Was kann mann machen?
a) Den code so umbauen das er selbstredender wird, Code in entsprechende Methoden auslagern die gut benannte werden.
b) Mit Enums und vergleichbaren arbeiten die wiederrum aufgrund des Bezeichners ihre bedeutung verraten.
c) Den Code mehr modularisieren, so das die Enge verbindung verloren geht. Wenn dies nicht
möglich ist, dies eher durch einen Ausführbaren Test, z.b JUnit dokumentieren. 
d) wenn möglich vereinfachen. Wenn nicht möglich ist hier ein Kommentar angebracht.

Also meiner Meinung nach werden Kommentare oftmals unsinnig eingesetzt und sind eine entschuldigung für schlechtes Design.


----------



## Dudadida (23. Juni 2004)

> _Original geschrieben von Christian Fein _
> Mann kann einerseits einen Sotieralgorythmus schreiben, oder anderseits einen von der API
> nehmen um damit schneller und leichter ein benutzbares Endprodukt programmieren.
> Mann hat durch den Suchalgorythmus mehr Zeit sich auf das Endprodukt zu konzentrieren
> ...



Ich geb's auf. Sorry, aber ich habe irgendwie den Eindruck, dass du gar nicht versuchst zu verstehen was ich meine. Mir geht's hier nicht darum in kürzester Zeit das tollste Programm zu schreiben, sondern das Programmieren zu lernen. Da bringt es einen meiner Meinung nach weiter, wenn man den Suchalgorithmus selber schreibt.



> ähm ich
> Mann kann so beschäftigt tun, wärend mann ....
> ... aber lassen wir das



...ist ein Argument...


----------



## squeaker (23. Juni 2004)

> _Original geschrieben von Christian Fein _
> *
> Das sehe ich anders. Wenn ich eine Methode habe die eine Beschreibung benötigt weil sie nicht selbstredent ist, dann wird die Methode über den Jordan geschickt und ich schreibe den
> betreffenden Code neu, da er hässlich ist.
> ...



Ich habe in meinem Leben noch keine selbsterklärende Methode entdeckt die nicht-triviale Algorithmen enthält.
Bitte schreibe mir doch einmal eine Huffmankompression die sich selbständig erkläre, d.h. bei der man ohne Kenntnis des Algorithmus einfach so feststellt was da geschieht. Das will ich sehen - andernfalls sehe ich deine Behauptung als wiederlegt an.
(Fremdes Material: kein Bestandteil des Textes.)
//! The instruction table.

ghost use Rattle.std.specs.Prelude.{◌≡◌, ◌/◌, ◌^◌, ◌-◌, IfSome};
ghost use Rattle.spu_isa.specs.declared.operation.Op.{Op};
ghost use Rattle.spu_isa.specs.declared.operation.TheConstants.{OPCODE_BITS};
ghost use Rattle.spu_isa.specs.Table.{row_of, format_of, opcode_bits, opcode_of};
ghost use Rattle.spu_isa.specs.Rows.{IsRowOf};

use crate::operation::{Format, Kind, Layout, OP_COUNT, Op, OpInfo, Register};

/// A row of the table, without its texts and lists.
#[derive(Clone, Copy)]
pub struct OpRow {
    pub op: Op,
    pub layout: Layout,
    /// The opcode of 11 bits; a shorter one stands in the high bits.
    pub opcode: u32,
    pub kind: Kind,
    /// The bytes of a lane of the result, 0 where it has none.
    pub lane: u8,
    pub writes: bool,
}

/// The rows, in the order of `Op`, handed to a macro that makes one thing of them. A row has the operation, its mnemonic,
/// its layout, the first 11 bits of its words, its kind, the bytes of a lane, whether it writes rt, and the fields that
/// must be zero.
macro_rules! table {
    ($use:ident $($value:expr)?) => {
        $use! { ($($value)?)
            A "a" Rr 0x0c0..=0x0c0 Compute 4 true [];
            Absdb "absdb" Rr 0x053..=0x053 Compute 1 true [];
            Addx "addx" Rr 0x340..=0x340 Compute 4 true [];
            Ah "ah" Rr 0x0c8..=0x0c8 Compute 2 true [];
            Ahi "ahi" Ri10 0x0e8..=0x0ef Compute 2 true [];
            Ai "ai" Ri10 0x0e0..=0x0e7 Compute 4 true [];
            And "and" Rr 0x0c1..=0x0c1 Compute 1 true [];
            Andbi "andbi" Ri10 0x0b0..=0x0b7 Compute 1 true [];
            Andc "andc" Rr 0x2c1..=0x2c1 Compute 1 true [];
            Andhi "andhi" Ri10 0x0a8..=0x0af Compute 2 true [];
            Andi "andi" Ri10 0x0a0..=0x0a7 Compute 4 true [];
            Avgb "avgb" Rr 0x0d3..=0x0d3 Compute 1 true [];
            Bg "bg" Rr 0x042..=0x042 Compute 4 true [];
            Bgx "bgx" Rr 0x343..=0x343 Compute 4 true [];
            Bi "bi" Rr 0x1a8..=0x1a8 Indirect 0 false [Rb, Rt];
            Bihnz "bihnz" Rr 0x12b..=0x12b Indirect 0 false [Rb];
            Bihz "bihz" Rr 0x12a..=0x12a Indirect 0 false [Rb];
            Binz "binz" Rr 0x129..=0x129 Indirect 0 false [Rb];
            Bisl "bisl" Rr 0x1a9..=0x1a9 PointerCall 0 true [Rb];
            Biz "biz" Rr 0x128..=0x128 Indirect 0 false [Rb];
            Br "br" Ri16 0x190..=0x193 Branch 0 false [Rt];
            Bra "bra" Ri16 0x180..=0x183 Branch 0 false [Rt];
            Brasl "brasl" Ri16 0x188..=0x18b Call 0 true [];
            Brhnz "brhnz" Ri16 0x118..=0x11b Branch 0 false [];
            Brhz "brhz" Ri16 0x110..=0x113 Branch 0 false [];
            Brnz "brnz" Ri16 0x108..=0x10b Branch 0 false [];
            Brsl "brsl" Ri16 0x198..=0x19b Call 0 true [];
            Brz "brz" Ri16 0x100..=0x103 Branch 0 false [];
            Cbd "cbd" Ri7 0x1f4..=0x1f4 Compute 16 true [];
            Cbx "cbx" Rr 0x1d4..=0x1d4 Compute 16 true [];
            Cdd "cdd" Ri7 0x1f7..=0x1f7 Compute 16 true [];
            Cdx "cdx" Rr 0x1d7..=0x1d7 Compute 16 true [];
            Ceq "ceq" Rr 0x3c0..=0x3c0 Compute 4 true [];
            Ceqb "ceqb" Rr 0x3d0..=0x3d0 Compute 1 true [];
            Ceqbi "ceqbi" Ri10 0x3f0..=0x3f7 Compute 1 true [];
            Ceqh "ceqh" Rr 0x3c8..=0x3c8 Compute 2 true [];
            Ceqhi "ceqhi" Ri10 0x3e8..=0x3ef Compute 2 true [];
            Ceqi "ceqi" Ri10 0x3e0..=0x3e7 Compute 4 true [];
            Cg "cg" Rr 0x0c2..=0x0c2 Compute 4 true [];
            Cgt "cgt" Rr 0x240..=0x240 Compute 4 true [];
            Cgtb "cgtb" Rr 0x250..=0x250 Compute 1 true [];
            Cgtbi "cgtbi" Ri10 0x270..=0x277 Compute 1 true [];
            Cgth "cgth" Rr 0x248..=0x248 Compute 2 true [];
            Cgthi "cgthi" Ri10 0x268..=0x26f Compute 2 true [];
            Cgti "cgti" Ri10 0x260..=0x267 Compute 4 true [];
            Cgx "cgx" Rr 0x342..=0x342 Compute 4 true [];
            Chd "chd" Ri7 0x1f5..=0x1f5 Compute 16 true [];
            Chx "chx" Rr 0x1d5..=0x1d5 Compute 16 true [];
            Clgt "clgt" Rr 0x2c0..=0x2c0 Compute 4 true [];
            Clgtb "clgtb" Rr 0x2d0..=0x2d0 Compute 1 true [];
            Clgtbi "clgtbi" Ri10 0x2f0..=0x2f7 Compute 1 true [];
            Clgth "clgth" Rr 0x2c8..=0x2c8 Compute 2 true [];
            Clgthi "clgthi" Ri10 0x2e8..=0x2ef Compute 2 true [];
            Clgti "clgti" Ri10 0x2e0..=0x2e7 Compute 4 true [];
            Clz "clz" Rr 0x2a5..=0x2a5 Compute 4 true [Rb];
            Cntb "cntb" Rr 0x2b4..=0x2b4 Compute 1 true [Rb];
            Cwd "cwd" Ri7 0x1f6..=0x1f6 Compute 16 true [];
            Cwx "cwx" Rr 0x1d6..=0x1d6 Compute 16 true [];
            Dsync "dsync" Rr 0x003..=0x003 Nothing 0 false [Rb, Ra, Rt];
            Eqv "eqv" Rr 0x249..=0x249 Compute 1 true [];
            Fsm "fsm" Rr 0x1b4..=0x1b4 Compute 16 true [Rb];
            Fsmb "fsmb" Rr 0x1b6..=0x1b6 Compute 16 true [Rb];
            Fsmbi "fsmbi" Ri16 0x194..=0x197 Compute 1 true [];
            Fsmh "fsmh" Rr 0x1b5..=0x1b5 Compute 16 true [Rb];
            Gb "gb" Rr 0x1b0..=0x1b0 Compute 16 true [Rb];
            Gbb "gbb" Rr 0x1b2..=0x1b2 Compute 16 true [Rb];
            Gbh "gbh" Rr 0x1b1..=0x1b1 Compute 16 true [Rb];
            Hbr "hbr" HintA 0x1ac..=0x1ac Nothing 0 false [];
            Hbra "hbra" HintB 0x080..=0x08f Nothing 0 false [];
            Hbrr "hbrr" HintB 0x090..=0x09f Nothing 0 false [];
            Heq "heq" Rr 0x3d8..=0x3d8 HaltTest 0 false [];
            Heqi "heqi" Ri10 0x3f8..=0x3ff HaltTest 0 false [];
            Hgt "hgt" Rr 0x258..=0x258 HaltTest 0 false [];
            Hgti "hgti" Ri10 0x278..=0x27f HaltTest 0 false [];
            Hlgt "hlgt" Rr 0x2d8..=0x2d8 HaltTest 0 false [];
            Hlgti "hlgti" Ri10 0x2f8..=0x2ff HaltTest 0 false [];
            Il "il" Ri16 0x204..=0x207 Compute 4 true [];
            Ila "ila" Ri18 0x210..=0x21f Compute 4 true [];
            Ilh "ilh" Ri16 0x20c..=0x20f Compute 2 true [];
            Ilhu "ilhu" Ri16 0x208..=0x20b Compute 4 true [];
            Iohl "iohl" Ri16 0x304..=0x307 Compute 4 true [];
            Lnop "lnop" Rr 0x001..=0x001 Nothing 0 false [Rb, Ra, Rt];
            Lqa "lqa" Ri16 0x184..=0x187 Load 0 true [];
            Lqd "lqd" Ri10 0x1a0..=0x1a7 Load 0 true [];
            Lqr "lqr" Ri16 0x19c..=0x19f Load 0 true [];
            Lqx "lqx" Rr 0x1c4..=0x1c4 Load 0 true [];
            Mpy "mpy" Rr 0x3c4..=0x3c4 Compute 4 true [];
            Mpya "mpya" Rrr 0x600..=0x67f Compute 4 true [];
            Mpyh "mpyh" Rr 0x3c5..=0x3c5 Compute 4 true [];
            Mpyhh "mpyhh" Rr 0x3c6..=0x3c6 Compute 4 true [];
            Mpyhha "mpyhha" Rr 0x346..=0x346 Compute 4 true [];
            Mpyhhau "mpyhhau" Rr 0x34e..=0x34e Compute 4 true [];
            Mpyhhu "mpyhhu" Rr 0x3ce..=0x3ce Compute 4 true [];
            Mpyi "mpyi" Ri10 0x3a0..=0x3a7 Compute 4 true [];
            Mpys "mpys" Rr 0x3c7..=0x3c7 Compute 4 true [];
            Mpyu "mpyu" Rr 0x3cc..=0x3cc Compute 4 true [];
            Mpyui "mpyui" Ri10 0x3a8..=0x3af Compute 4 true [];
            Nand "nand" Rr 0x0c9..=0x0c9 Compute 1 true [];
            Nop "nop" Rr 0x201..=0x201 Nothing 0 false [Rb, Ra];
            Nor "nor" Rr 0x049..=0x049 Compute 1 true [];
            Or "or" Rr 0x041..=0x041 Compute 1 true [];
            Orbi "orbi" Ri10 0x030..=0x037 Compute 1 true [];
            Orc "orc" Rr 0x2c9..=0x2c9 Compute 1 true [];
            Orhi "orhi" Ri10 0x028..=0x02f Compute 2 true [];
            Ori "ori" Ri10 0x020..=0x027 Compute 4 true [];
            Orx "orx" Rr 0x1f0..=0x1f0 Compute 16 true [Rb];
            Rchcnt "rchcnt" Rr 0x00f..=0x00f ChannelOp 0 true [Rb];
            Rdch "rdch" Rr 0x00d..=0x00d ChannelOp 0 true [Rb];
            Rot "rot" Rr 0x058..=0x058 Compute 4 true [];
            Roth "roth" Rr 0x05c..=0x05c Compute 2 true [];
            Rothi "rothi" Ri7 0x07c..=0x07c Compute 2 true [];
            Rothm "rothm" Rr 0x05d..=0x05d Compute 2 true [];
            Rothmi "rothmi" Ri7 0x07d..=0x07d Compute 2 true [];
            Roti "roti" Ri7 0x078..=0x078 Compute 4 true [];
            Rotm "rotm" Rr 0x059..=0x059 Compute 4 true [];
            Rotma "rotma" Rr 0x05a..=0x05a Compute 4 true [];
            Rotmah "rotmah" Rr 0x05e..=0x05e Compute 2 true [];
            Rotmahi "rotmahi" Ri7 0x07e..=0x07e Compute 2 true [];
            Rotmai "rotmai" Ri7 0x07a..=0x07a Compute 4 true [];
            Rotmi "rotmi" Ri7 0x079..=0x079 Compute 4 true [];
            Rotqbi "rotqbi" Rr 0x1d8..=0x1d8 Compute 16 true [];
            Rotqbii "rotqbii" Ri7 0x1f8..=0x1f8 Compute 16 true [];
            Rotqby "rotqby" Rr 0x1dc..=0x1dc Compute 0 true [];
            Rotqbybi "rotqbybi" Rr 0x1cc..=0x1cc Compute 0 true [];
            Rotqbyi "rotqbyi" Ri7 0x1fc..=0x1fc Compute 0 true [];
            Rotqmbi "rotqmbi" Rr 0x1d9..=0x1d9 Compute 16 true [];
            Rotqmbii "rotqmbii" Ri7 0x1f9..=0x1f9 Compute 16 true [];
            Rotqmby "rotqmby" Rr 0x1dd..=0x1dd Compute 0 true [];
            Rotqmbyi "rotqmbyi" Ri7 0x1fd..=0x1fd Compute 0 true [];
            Selb "selb" Rrr 0x400..=0x47f Compute 1 true [];
            Sf "sf" Rr 0x040..=0x040 Compute 4 true [];
            Sfh "sfh" Rr 0x048..=0x048 Compute 2 true [];
            Sfhi "sfhi" Ri10 0x068..=0x06f Compute 2 true [];
            Sfi "sfi" Ri10 0x060..=0x067 Compute 4 true [];
            Sfx "sfx" Rr 0x341..=0x341 Compute 4 true [];
            Shl "shl" Rr 0x05b..=0x05b Compute 4 true [];
            Shlh "shlh" Rr 0x05f..=0x05f Compute 2 true [];
            Shlhi "shlhi" Ri7 0x07f..=0x07f Compute 2 true [];
            Shli "shli" Ri7 0x07b..=0x07b Compute 4 true [];
            Shlqbi "shlqbi" Rr 0x1db..=0x1db Compute 16 true [];
            Shlqbii "shlqbii" Ri7 0x1fb..=0x1fb Compute 16 true [];
            Shlqby "shlqby" Rr 0x1df..=0x1df Compute 0 true [];
            Shlqbybi "shlqbybi" Rr 0x1cf..=0x1cf Compute 0 true [];
            Shlqbyi "shlqbyi" Ri7 0x1ff..=0x1ff Compute 0 true [];
            Shufb "shufb" Rrr 0x580..=0x5ff Compute 1 true [];
            Stop "stop" StopForm 0x000..=0x000 StopOp 0 false [];
            Stqa "stqa" Ri16 0x104..=0x107 Store 0 false [];
            Stqd "stqd" Ri10 0x120..=0x127 Store 0 false [];
            Stqr "stqr" Ri16 0x11c..=0x11f Store 0 false [];
            Stqx "stqx" Rr 0x144..=0x144 Store 0 false [];
            Sumb "sumb" Rr 0x253..=0x253 Compute 4 true [];
            Sync "sync" Rr 0x002..=0x002 Nothing 0 false [Rb, Ra, Rt];
            Wrch "wrch" Rr 0x10d..=0x10d ChannelOp 0 false [Rb];
            Xor "xor" Rr 0x241..=0x241 Compute 1 true [];
            Xorbi "xorbi" Ri10 0x230..=0x237 Compute 1 true [];
            Xorhi "xorhi" Ri10 0x228..=0x22f Compute 2 true [];
            Xori "xori" Ri10 0x220..=0x227 Compute 4 true [];
            Xsbh "xsbh" Rr 0x2b6..=0x2b6 Compute 2 true [Rb];
            Xshw "xshw" Rr 0x2ae..=0x2ae Compute 4 true [Rb];
            Xswd "xswd" Rr 0x2a6..=0x2a6 Compute 8 true [Rb];
        }
    };
}

/// The rows but for their mnemonics and zero fields.
macro_rules! rows {
    (() $($op:ident $name:literal $layout:ident $first:literal..=$last:literal $kind:ident $lane:literal $writes:literal [$($zero:ident),*];)*) => {
        [$(OpRow {
            op: Op::$op,
            layout: Layout::$layout,
            opcode: $first,
            kind: Kind::$kind,
            lane: $lane,
            writes: $writes,
        }),*]
    };
}

/// The mnemonic of an operation.
macro_rules! name_of {
    (($value:expr) $($op:ident $name:literal $layout:ident $first:literal..=$last:literal $kind:ident $lane:literal $writes:literal [$($zero:ident),*];)*) => {
        match $value {
            $(Op::$op => $name,)*
        }
    };
}

/// The fields that must be zero in the words of an operation.
macro_rules! zeros_of {
    (($value:expr) $($op:ident $name:literal $layout:ident $first:literal..=$last:literal $kind:ident $lane:literal $writes:literal [$($zero:ident),*];)*) => {
        match $value {
            $(Op::$op => &[$(Register::$zero),*],)*
        }
    };
}

/// The operation whose words begin with these 11 bits.
macro_rules! op_with_prefix {
    (($value:expr) $($op:ident $name:literal $layout:ident $first:literal..=$last:literal $kind:ident $lane:literal $writes:literal [$($zero:ident),*];)*) => {
        match $value {
            $($first..=$last => Some(Op::$op),)*
            _ => None,
        }
    };
}

/// The rows, in the order of `Op`.
pub static ROWS: [OpRow; OP_COUNT] = table!(rows);

/// The row of an operation.
pub fn row(op: Op) -> OpRow
    ensures { IsRowOf op result }
{
    ROWS[op as usize]
}

/// The mnemonic of an operation.
pub fn mnemonic(op: Op) -> &'static str
    ensures { result.now ≡ (row_of op).name }
{
    table!(name_of op)
}

/// The fields that must be zero in the words of an operation.
pub fn zero_fields(op: Op) -> &'static [Register]
    ensures { result.now ≡ (row_of op).zero_fields }
{
    table!(zeros_of op)
}

/// The operation whose opcode a word with these first 11 bits has.
pub fn op_with_prefix(prefix: u32) -> Option<Op>
    ensures some { IfSome result (λ op. prefix / 2 ^ (OPCODE_BITS - opcode_bits (row_of op).layout) ≡ opcode_of op) }
    ensures only { (op : Op) → prefix / 2 ^ (OPCODE_BITS - opcode_bits (row_of op).layout) ≡ opcode_of op → result ≡ Some op }
{
    table!(op_with_prefix prefix)
}

impl Layout {
    /// The format of which it is a layout.
    fn format(self) -> Format
        ensures { result ≡ format_of self }
    {
        match self {
            Layout::Rr => Format::Rr,
            Layout::Rrr => Format::Rrr,
            Layout::Ri7 => Format::Ri7,
            Layout::Ri10 => Format::Ri10,
            Layout::Ri16 => Format::Ri16,
            Layout::Ri18 => Format::Ri18,
            Layout::HintA | Layout::HintB => Format::Hint,
            Layout::StopForm => Format::StopForm,
        }
    }
}

/// What is known of an operation.
pub fn info(op: Op) -> OpInfo
    ensures { result ≡ record { format = format_of (row_of op).layout; lane = (row_of op).lane; kind = (row_of op).kind; writes = (row_of op).writes } }
{
    let row = row(op);
    OpInfo {
        format: row.layout.format(),
        lane: row.lane,
        kind: row.kind,
        writes: row.writes,
    }
}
Womit wir auch wieder bei der Optimierung sind. Huffman eine Durchsatzverdopplung zu bringen ist sicherlich einiges an Dokumentation wert..

Genau das gleiche in String-Routinen oder ähnlichem. Wenn ich mich recht entsinne, programmierst du hauptsächlich bzw. auch Java. Wenn da die Klassenbibliotheken auf einmal um Faktor 2-3 langsamer sind in den häufig benötigten Routinen dann würdest du die Sprache weglegen.
Klar hat es keinen Sinn eine Taschenrechnerapplikation bezüblich Geschwindigkeit zu optimieren - aber wenn sich bei einer Applikation die Rechenzeit von 10h auf 5h kürzen läßt (was nicht unrealistisch ist bein nicht optimierten Applikationen), dann ist das wesentlich. Gleiches bei Webservern  - wenn die plötzlich doppelt so viele dynamische Webseiten ausliefern können spart das einiges an Geld.
Ich denke es kommt auf das Ziel drauf an. Ich kenne genügend Anwendungen die ein plus an Geschwindigkeit leicht vertragen könnten.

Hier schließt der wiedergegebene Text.